Esta criatura suplicante, este pobre muchacho perdidamente enamorado era el Spendlove que se había arriesgado a dar un salto en la oscuridad por un precipicio de sesenta pies. Hornblower recordó los labios de Lucy en sus manos, recordó cómo le había seguido arrodillada por el suelo. Cuanto menos tuviera que ver con todo aquello, mejor, decidió. Pero la pasión de una muchacha apenas salida de la escuela por un hombre maduro sería probablemente fugaz, pasajera, y el recuerdo de su dignidad perdida sería luego tan doloroso para ella como para él. Tendría necesidad de reafirmarse, de mostrarle que él no era el único hombre en el mundo… ¿y de qué otro modo más sencillo podría demostrar eso que casándose con otro? Para usar una frase vulgar, resultaba bastante probable que ella se casara con Spendlove por despecho.
—Si los buenos deseos pueden ayudar —le dijo—, usted tiene todos los míos, Spendlove.
Incluso un almirante tenía que elegir sus palabras con cuidado. Dos días más tarde anunciaba su marcha inmediata al gobernador.
—Voy a llevar a mi escuadrón al mar esta mañana, excelencia —dijo.

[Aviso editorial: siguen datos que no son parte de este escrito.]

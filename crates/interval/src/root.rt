// Square roots in whole numbers, for every u64.
ghost use Rattle.interval.specs.Root.{IsRoot, NotBelow, RootEnds};

use crate::Interval;

// A guess not below the root: Newton's step from a power of two whose square is above x, for which the quotient is a shift.
fn first_guess(x: u64) -> u64
    ensures { NotBelow x result }
{
    let k = (65 - x.leading_zeros()) / 2;
    ((1u64 << k) + (x >> k)) / 2
}

// The greatest r with r · r not above x, by Newton's steps: while the guess is above the root, the mean of it and x over it.
// A few steps do: the `isqrt` of std halves 32 times, which takes more than twice as long.
pub fn isqrt(x: u64) -> u64
    ensures { IsRoot x result }
{
    let mut r = first_guess(x);
    while x < r * r {
        r = (r + x / r) / 2;
    }
    r
}

// The root and the next number.
pub fn root_ends(x: u64) -> Interval
    ensures { RootEnds x result }
{
    let r = isqrt(x);
    Interval::natural(r, r + 1)
}
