// The formulas of §4 as exact values of a case: definitions in specs/, laws in proofs/. No code.
#![tactic(auto)]
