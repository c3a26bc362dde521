// Pairs of signed whole numbers, as results are reported, with outward rounding: each operation's pair includes the exact one.
#![tactic(auto)]

pub mod root;

ghost use Rattle.std.specs.Prelude.{◌≡◌, ◌+◌, ◌*◌, ◌<◌, ◌^◌, pos, nat_abs, ◌≤ℤ◌};
ghost use Rattle.interval.specs.Wide.{Wide};
ghost use Rattle.interval.specs.Operations.{natural, point, size, sum_of, difference_of, minus_of, times_of, corners_of, outward_of};
ghost use Rattle.interval.specs.Operations.{scaled_of, hull_of, product_of, quotient_of};

use whole::{ceil_div, floor_div, least_floor, most_ceil, wide};

// The two ends of a quantity, in a unit that the quantity's definition names.
#[derive(Clone, Copy)]
pub struct Interval {
    pub lower: i64,
    pub upper: i64,
}

impl Interval {
    pub fn natural(a: u64, b: u64) -> Interval
        requires { (a < 2 ^ 63) × (b < 2 ^ 63) }
        ensures { result ≡ natural a b }
    {
        Interval {
            lower: a as i64,
            upper: b as i64,
        }
    }

    pub fn point(n: u64) -> Interval
        requires { n < 2 ^ 63 }
        ensures { result ≡ point (pos n) }
    {
        Interval {
            lower: n as i64,
            upper: n as i64,
        }
    }

    pub fn sum(self, other: Interval) -> Interval
        requires { size self + size other < 2 ^ 63 }
        ensures { result ≡ sum_of self other }
    {
        Interval {
            lower: self.lower + other.lower,
            upper: self.upper + other.upper,
        }
    }

    pub fn difference(self, other: Interval) -> Interval
        requires { size self + size other < 2 ^ 63 }
        ensures { result ≡ difference_of self other }
    {
        Interval {
            lower: self.lower - other.upper,
            upper: self.upper - other.lower,
        }
    }

    pub fn minus(self) -> Interval
        requires { size self < 2 ^ 63 }
        ensures { result ≡ minus_of self }
    {
        Interval {
            lower: -self.upper,
            upper: -self.lower,
        }
    }

    // Times k.
    pub fn scaled(self, k: u64) -> Interval
        requires { (k < 2 ^ 63) × (size self * k < 2 ^ 63) }
        ensures { result ≡ scaled_of self k }
    {
        Interval {
            lower: self.lower * (k as i64),
            upper: self.upper * (k as i64),
        }
    }

    // Times z, which may be below 0 and turn the ends round.
    fn times(self, z: i64) -> Interval
        requires { nat_abs z * size self < 2 ^ 63 }
        ensures { result ≡ times_of z self }
    {
        let a = z * self.lower;
        let b = z * self.upper;
        Interval {
            lower: a.min(b),
            upper: a.max(b),
        }
    }

    // The least pair with both inside.
    fn hull(self, other: Interval) -> Interval
        ensures { result ≡ hull_of self other }
    {
        Interval {
            lower: self.lower.min(other.lower),
            upper: self.upper.max(other.upper),
        }
    }

    // The least and the greatest of the four products of ends.
    fn corners(self, other: Interval) -> Interval
        requires { size self * size other < 2 ^ 63 }
        ensures { result ≡ corners_of self other }
    {
        other.times(self.lower).hull(other.times(self.upper))
    }

    // Divided by den, each end rounded outward.
    pub fn outward(self, den: u64) -> Interval
        requires { (0 < den) × (size self < 2 ^ 63) }
        ensures { result ≡ outward_of self den }
    {
        Interval {
            lower: floor_div(self.lower, den),
            upper: ceil_div(self.upper, den),
        }
    }

    // self · other / den, rounded outward.
    pub fn product(self, other: Interval, den: u64) -> Interval
        requires { (0 < den) × (size self * size other < 2 ^ 63) }
        ensures { result ≡ product_of self other den }
    {
        self.corners(other).outward(den)
    }

    // self · other / den, rounded outward, for ends that are not negative: the products themselves may pass 64 bits.
    pub fn wide_product(self, other: Interval, den: u64) -> Interval
        requires { Wide self other den }
        ensures { result ≡ product_of self other den }
    {
        Interval::natural(
            wide::floor(self.lower as u64, other.lower as u64, den),
            wide::ceil(self.upper as u64, other.upper as u64, den),
        )
    }

    // self · scale / divisor, rounded outward, for a divisor above 0.
    pub fn quotient(self, divisor: Interval, scale: u64) -> Interval
        requires pos_bound { (pos 1 ≤ℤ divisor.lower) × (divisor.lower ≤ℤ divisor.upper) }
        requires scale_bound { (scale < 2 ^ 63) × (size self * scale < 2 ^ 63) }
        ensures { result ≡ quotient_of self divisor scale }
    {
        let top = self.scaled(scale);
        let d = divisor.lower as u64;
        let e = divisor.upper as u64;
        Interval {
            lower: least_floor(top.lower, d, e),
            upper: most_ceil(top.upper, d, e),
        }
    }
}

—¿No va a quedarse para los ahorcamientos? —preguntó Hooper sorprendido.
—Me temo que no —contestó Hornblower, y añadió una explicación innecesaria—: Los ahorcamientos no van muy de acuerdo conmigo, excelencia.
No era tan sólo una explicación innecesaria, era una explicación tonta, como supo tan pronto como vio el claro asombro en el rostro de Hooper. No estaba más sorprendido al oír que los ahorcamientos no estaban muy de acuerdo con Hornblower de lo que lo habría estado si hubiera sabido que Hornblower no estaba de acuerdo con los ahorcamientos… y ésa era, poco más o menos, la verdad.